A trademark characteristic of perceptual learning in the laboratory is its specificity: performance improvements from training in one task with a particular stimulus and judgment typically fail to transfer to improvements with highly related tasks and stimuli.3,4,16 In visual perceptual learning, specificity has been reported for stimulus orientation, spatial frequency, motion direction, stimulus pattern, and even location in the visual field. Specificity distinguishes perceptual learning from cognitive learning, strategy selection, and motor learning, which exhibit broader generalizability. However, specificity is a graded phenomenon; there can be some specificity but also some transfer of trained improvements to other stimuli and tasks.
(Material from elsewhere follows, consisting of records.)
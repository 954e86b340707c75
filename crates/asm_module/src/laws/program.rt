//! Laws about the linked bytes: at any addresses, those of the statements are what the lines describe. A law is a function that does
//! nothing and whose clause is a theorem.

ghost use Rattle.std.specs.Prelude.{◌≡◌, ◌<◌, ℕ, All, Bool, true, false, List, Some, None, Ok, length, map};
ghost use Rattle.std.specs.List.{list_all, list_any};
ghost use Rattle.asm_parse.specs.Expression.{postfix};
ghost use Rattle.asm_expr.specs.Below.{source_tree, value};
ghost use Rattle.asm_expr.specs.Distances.{Step, is_unsized};
ghost use Rattle.asm_expr.specs.Names.{Table, found};
ghost use Rattle.asm_expr.specs.Origins.{is_valued_item, is_valued_name};
ghost use Rattle.asm_expr.specs.declared.meaning.Meaning.{Meaning};
ghost use Rattle.asm_spell.specs.Line.{Body, ExpressionItems};
ghost use Rattle.asm_names.specs.Lines.{Taken};
ghost use Rattle.asm_names.specs.Names.{Names, kind_of_name};
ghost use Rattle.asm_names.specs.Layout.{Layout};
ghost use Rattle.asm_names.specs.Levels.{HasValue};
ghost use Rattle.asm_names.specs.Meanings.{name_meanings, table_at};
ghost use Rattle.asm_stmt.specs.Made.{Nothing, Piece, Some_piece, made};
ghost use Rattle.asm_module.specs.Layouts.Sizes.{sizes};
ghost use Rattle.asm_module.specs.Module.Stated.{first_statement_fault, numbered_statements};
ghost use Rattle.asm_module.specs.Module.Statements.{statement_by};
ghost use Rattle.asm_module.specs.Program.Lines.{AreAt, program_of_lines};
ghost use Rattle.asm_module.specs.Program.Linked.{IsSizedLike, IsLinkedPiece};
ghost use Rattle.asm_module.specs.Program.Pieces.{IsPiece, statement_size, takes};
ghost use Rattle.asm_module.specs.Program.Spelled.{IsSpelled};
ghost use Rattle.asm_module.specs.Program.Statement.{Statement, replaced_expression, stated};
ghost use Rattle.asm_module.specs.Rules.Fitting.{IsReadLine};

/// What a parsed line makes is the statement that it describes: a jump goes to the same ref, and at all addresses that grow by the known
/// sizes, the bytes linked from the module's statement are those of the described statement, and as many as it takes. With `grow`, a
/// written `JR` may be long in both. A line that makes nothing describes no statement.
pub fn pieces_at_places()
    ensures piece { (grow : Bool) (t : Table) (b : Body) (p : Piece) → IsSpelled b → made t b ≡ Ok (Some_piece p) →
        (s : Statement) × (stated grow t b ≡ Some s) × IsSizedLike (statement_by grow p) s ×
        ((places : ℕ → ℕ) → Step t.statements places → (at : ℕ) (long : Bool) (bytes : List ℕ) → All (λ b. b < 256) bytes →
        IsLinkedPiece at long places (statement_by grow p) bytes → IsPiece at long places s bytes × (length bytes ≡ takes long (statement_size s))) }
    ensures nothing { (grow : Bool) (t : Table) (b : Body) → made t b ≡ Ok Nothing → stated grow t b ≡ None }
{
    asm_spell::laws::numbered();
    z80_form::laws::fields();
    z80_form::laws::kept();
    z80_form::laws::places();
}

/// If no line has an error, each name has a value and the sizes of the statements are known, the statements of the module are those of the
/// program that the lines describe, at all addresses that grow by the sizes.
pub(super) fn statements_at_places()
    ensures { (grow : Bool) (names : Names) (t : Table) (layout : Layout) (lines : List Taken) → ((name : List ℕ) → found t name ≡ None → kind_of_name names name ≡ None) →
        ((name : List ℕ) (what : Meaning) → found t name ≡ Some what → is_valued_name (Some what) ≡ true) → list_any is_unsized t.statements ≡ false →
        All (λ l. IsReadLine l.line) lines → first_statement_fault names t layout lines ≡ None → t.statements ≡ sizes (map (λ n. n.1) (numbered_statements grow t layout lines)) →
        AreAt (map (λ n. n.1) (numbered_statements grow t layout lines)) (program_of_lines grow t layout lines) }
{
    asm_expr::laws::number_of_numbers();
    asm_expr::laws::valued();
    pieces_at_places();
}

/// An expression of a program has the value that the lines of its source give it, level by level: an EQU name that of the expression in its own
/// line. In a source without an error each name that is used has a value (`asm_names::laws::valued`).
pub fn level_by_level()
    ensures { (names : Names) (lines : List Taken) (circle : ℕ → Bool) (layout : Layout) (places : ℕ → ℕ) → Step layout.statements places →
        (at : ℕ) (e : ExpressionItems) → list_all (is_valued_item (table_at layout (name_meanings names lines circle layout) at)) (postfix (source_tree e)) ≡ true →
        HasValue names lines layout places at (source_tree e) (value places (replaced_expression (table_at layout (name_meanings names lines circle layout) at) e)) }
{
    asm_names::laws::level_by_level();
}
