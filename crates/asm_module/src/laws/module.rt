//! Laws about the lines of a module: what they make depends on what names stand for, and each name that is defined stands for something. A
//! law is a function that does nothing and whose clause is a theorem.

ghost use Rattle.std.specs.Prelude.{◌≡◌, ℕ, Bool, List, None};
ghost use Rattle.asm_expr.specs.Names.{Table, found};
ghost use Rattle.asm_names.specs.Lines.{Taken};
ghost use Rattle.asm_names.specs.Names.{Names, kind_of_name};
ghost use Rattle.asm_names.specs.declared.settling.SettledNames.{SettledNames};
ghost use Rattle.asm_names.specs.Layout.{Layout};
ghost use Rattle.asm_names.specs.Settles.{Settles};
ghost use Rattle.asm_module.specs.Module.Stated.{first_statement_fault, numbered_statements};

/// The first error of lines and their statements depend only on what names stand for and on the sizes of the statements.
pub(super) fn stated_by_names()
    ensures fault { (t u : Table) → ((name : List ℕ) → found t name ≡ found u name) → t.statements ≡ u.statements →
        (names : Names) (layout : Layout) (lines : List Taken) → first_statement_fault names t layout lines ≡ first_statement_fault names u layout lines }
    ensures statements { (t u : Table) → ((name : List ℕ) → found t name ≡ found u name) → t.statements ≡ u.statements →
        (grow : Bool) (layout : Layout) (lines : List Taken) → numbered_statements grow t layout lines ≡ numbered_statements grow u layout lines }
{
    asm_stmt::laws::by_names();
}

/// Settled names have a meaning for each name that is defined, as [`state_lines`](crate::state_lines) requires.
pub fn all_found()
    ensures { (names : Names) (lines : List Taken) (circle : ℕ → Bool) (layout : Layout) (s : SettledNames) → Settles names lines circle layout s →
        (name : List ℕ) → found s.names name ≡ None → kind_of_name names name ≡ None }
{}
The extent of specificity or transfer can be affected by many experimental factors, and the interpretation of specificity in the context of a brain network helps locate the site of plasticity.3,26 Specificity might hinder practical applications of perceptual learning because it somewhat limits the benefits of training to the trained stimulus and task.10 The optimization of transfer to untrained stimuli and tasks is therefore an important precursor for applications of perceptual learning in the development of real-world expertise and sensory rehabilitation.27
In this Review, we provide an integrated treatment of key behavioral aspects of visual perceptual learning. We begin with a survey of the visual tasks that exhibit perceptual learning and manipulations that impact the magnitude of learning. We then turn to the trademark phenomenon of specificity. Next, we focus on how perceptual learning changes visual processing. We detail a set of modeling and experimental investigations that enhance the development of new theoretical frameworks and enable more efficient practical applications. Then we review applications of perceptual learning in visual rehabilitation. Finally, we summarize the general principles of visual perceptual learning and propose new research directions.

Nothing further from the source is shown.